Glad it wasn't worse than it was, I am just not a Ryobi fan, I have had a couple of bad experiences with that brand so I just stay clear of anything Ryobi. Can't say all Ryobi tools are bad but once I buy a tool or two and they are no good, I just stay away from them.


----------



## Gymschu (Dec 12, 2010)

I saw some Ryobi tools on sale in the bargain bin at HD and was very tempted by the incredibly low prices on some of their stuff. After this thread, I'm so glad I passed. Glad everyone is ok.
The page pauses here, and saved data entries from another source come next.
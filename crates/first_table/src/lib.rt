// Table 0 of a polynomial, in words.
#![tactic(auto)]

ghost use Rattle.std.specs.Prelude.{◌≡◌, ◌≤◌, length, get_or};
ghost use Rattle.definition.specs.Field.{spelling_of, word_count};
ghost use Rattle.definition.specs.Prover.{table_words};
ghost use Rattle.definition.specs.Reading.{sheet_test};
ghost use Rattle.definition.specs.Sheet.{edition1, sheet_of};
ghost use Rattle.definition.specs.Verdict.{accepted};

// Table 0 of the coefficients f in words, for a sheet w that passes. A small one is spared the clearing of many places.
pub fn of_polynomial(w: &[u32], f: &[u32], out: &mut [u32])
    requires in_bounds { (12 ≤ length w.now) × (sheet_test edition1 w.now ≡ accepted) }
    requires f_len { length f.now ≡ word_count (spelling_of (get_or w.now 0 0)) (get_or w.now 2 0) }
    requires out_len { length out.old ≡ word_count (spelling_of (get_or w.now 0 0)) (get_or w.now 1 0) }
    ensures { out.new ≡ table_words (sheet_of edition1 w.now) f.now }
{
    if w[1] <= 256 {
        let mut few = [0u32; domain::FEW_POINTS];
        let count = domain::of_sheet_within(w, &mut few);
        plane_tables::domain_table(w[0], f, &few[..count], 1, out);
    } else {
        let mut pw = [0u32; domain::POINTS];
        let size = domain::of_sheet(w, &mut pw);
        plane_tables::domain_table(w[0], f, &pw[..size], 1, out);
    }
}
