// The rule: as a record by value, and in a flat lent table of words; and the head of a book.
//
// Nothing here refuses. A reader past the table's end finds zero, and what has no room is not put.
#![tactic(auto)]

ghost use Rattle.std.specs.Prelude.{◌≡◌, ◌<◌};
ghost use Rattle.meaning.specs.Rules.{join_over};
ghost use Rattle.meaning.specs.Classes.{classes};
ghost use Rattle.rules.specs.Record.{kind_of, left_of};
ghost use Rattle.rules.specs.Table.{rule_words, word_at, rule_at, WordsPut, RulePut};

use classes::Class;
use labels::Labelled;
use refusals::{MOST_LEFT, MOST_RULES};

// The kinds of a rule by their numbers, as a table's words and a record have them: either may hold any number, and `rules_ok` answers no to others.
pub const CAP: u64 = 0;

pub const FLOOR: u64 = 1;

pub const FOLLOW: u64 = 2;

// The kinds as cases.
#[derive(Clone, Copy, Debug, PartialEq, Eq)]
pub enum RuleKind {
    Cap,
    Floor,
    Follow,
}

// How many words a rule takes in a table.
pub const WORDS: usize = 13;

// The words of a table of the most rules.
pub const WHOLE_TABLE: usize = MOST_RULES * WORDS;

// The head of a book: how many items it has, and how many rules.
#[derive(Clone, Copy, Debug, PartialEq, Eq)]
pub struct Head {
    pub items: usize,
    pub rules: usize,
}

// One rule. A cap has its item as its one left name; a cap and a floor have a class and no right name, a follow has a right
// name and no class. What a rule does not use is zero.
#[derive(Clone, Copy, Debug, PartialEq, Eq)]
pub struct Rule {
    pub kind: u64,
    pub count: u64,
    pub left: [u64; MOST_LEFT],
    pub right: u64,
    pub class: Class,
}

impl Rule {
    // The kind that the rule's number names, if it names one.
    pub fn kind(self) -> Option<RuleKind>
        ensures { result ≡ kind_of self.kind }
    {
        match self.kind {
            CAP => Some(RuleKind::Cap),
            FLOOR => Some(RuleKind::Floor),
            FOLLOW => Some(RuleKind::Follow),
            _ => None,
        }
    }
}

// Word k of rule r of a table, and zero past the table's end. That r is below the table's length is asked first: the place is then known to be small, and a reader of a
// rule costs just the words that it uses.
#[tactic(auto, unfolding(crate::specs::Table::word_at))]
fn word(rules: &[u64], r: usize, k: usize) -> u64
    requires { k < rule_words }
    ensures { result ≡ word_at rules.now r k }
{
    if rules.len() <= r {
        return 0;
    }
    rules.get(r * WORDS + k).copied().unwrap_or(0)
}

// Rule r of a table. Its left names stand one by one: with `array::from_fn` the proof did not close that each call reads this table.
// It is inlined so that words that a caller does not use are not read.
#[inline(always)]
pub fn rule_at(rules: &[u64], r: usize) -> Rule
    ensures { result ≡ rule_at rules.now r }
{
    Rule {
        kind: word(rules, r, 0),
        count: word(rules, r, 1),
        left: [
            word(rules, r, 2),
            word(rules, r, 3),
            word(rules, r, 4),
            word(rules, r, 5),
            word(rules, r, 6),
            word(rules, r, 7),
            word(rules, r, 8),
            word(rules, r, 9),
        ],
        right: word(rules, r, 10),
        class: Class::new(word(rules, r, 11), word(rules, r, 12)),
    }
}

// The join of the left labels of a rule.
pub fn left_join<L: Labelled>(rule: Rule, labels: &L) -> Class
    ensures { result ≡ join_over classes (left_of rule) (L.labels labels.now) }
{
    let count = usize::min(rule.count as usize, MOST_LEFT);
    let mut join = Class::LOWEST;
    for item in &rule.left[..count] {
        join = join.join(labels.label(*item));
    }
    join
}

// Puts these words at a place of a table. No where the table has no room for all of them, and then nothing is written: a yes or no, since `WordsPut` has
// nothing else to tell.
pub fn put_words(words: &[u64], table: &mut [u64], at: usize) -> bool
    ensures { WordsPut words.now at table.old result table.new }
{
    if table.len() < at || table.len() - at < words.len() {
        return false;
    }
    table[at..at + words.len()].copy_from_slice(words);
    true
}

// Puts a rule as rule r of a table. No where the table has no room for it, and then nothing is written: a yes or no, as of `put_words`.
pub fn put_rule(rule: Rule, rules: &mut [u64], r: usize) -> bool
    ensures { RulePut rule r rules.old result rules.new }
{
    let left = rule.left;
    let words = [
        rule.kind,
        rule.count,
        left[0],
        left[1],
        left[2],
        left[3],
        left[4],
        left[5],
        left[6],
        left[7],
        rule.right,
        rule.class.level,
        rule.class.marks,
    ];
    put_words(&words, rules, r.saturating_mul(WORDS))
}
This makes me want to double up on safety with my power tools thats
for sure!!!


----------



## PoleCat (Sep 2, 2009)

I have some that I bought in 2001 or 2 that have held up well enough but it seems the stuff in the stores now is inferior. I usually buy my cheap Chinese junk at Harbor Freight now.


----------



## hyunelan2 (Aug 14, 2007)

> Gymschu said:
> 
> 
> > I saw some Ryobi tools on sale in the bargain bin at HD and was very tempted by the incredibly low prices on some of their stuff
> ...


----------



## joed (Mar 13, 2005)

I would be sending a letter to ryobi and HD with pictures including the injury.


----------



## Mort (Nov 26, 2008)

joed said:


> I would be sending a letter to ryobi and HD with pictures including the injury.


X 100

They may not do a recall based on one incident, but it will be good to have a record of it. Glad you were okay, you could very well have come out of it much worse. Sometimes I get my head down close to look at a detail, imagine if that was the case.


----------



## gregzoll (Dec 25, 2006)

Also contact the Consumer Protection agency through USA.gov, so they can see if a Recall needs to be issued on that model, or one is already out there.


----------



## Oso954 (Jun 23, 2012)

There is a recall on the Ryobi S651D sander, issued May 5, 2011.
https://cc831cbd7a5a3a616f82-509311...pdfs/e3c72eba-5fe7-472e-b7b5-678f815f15ee.pdf


----------



## hyunelan2 (Aug 14, 2007)

Curious as to why HD would have sold me a model that was recalled in 2011, on December 27, 2014 (I went back and looked when I actually bought it - it was longer than a month ago. Time flies).


----------



## kwikfishron (Mar 11, 2010)

The manufacturer calls it a "voluntarily recall". http://www.saferproducts.gov/ViewIncident/1320422


----------



## ratherbefishin' (Jun 16, 2007)

kwikfishron said:


> The manufacturer calls it a "voluntarily recall". http://www.saferproducts.gov/ViewIncident/1320422


"Voluntary recall" only means that the manufacturer agreed to recall the unsafe product.


----------



## ratherbefishin' (Jun 16, 2007)

hyunelan2 said:


> Curious as to why HD would have sold me a model that was recalled in 2011, on December 27, 2014 (I went back and looked when I actually bought it - it was longer than a month ago. Time flies).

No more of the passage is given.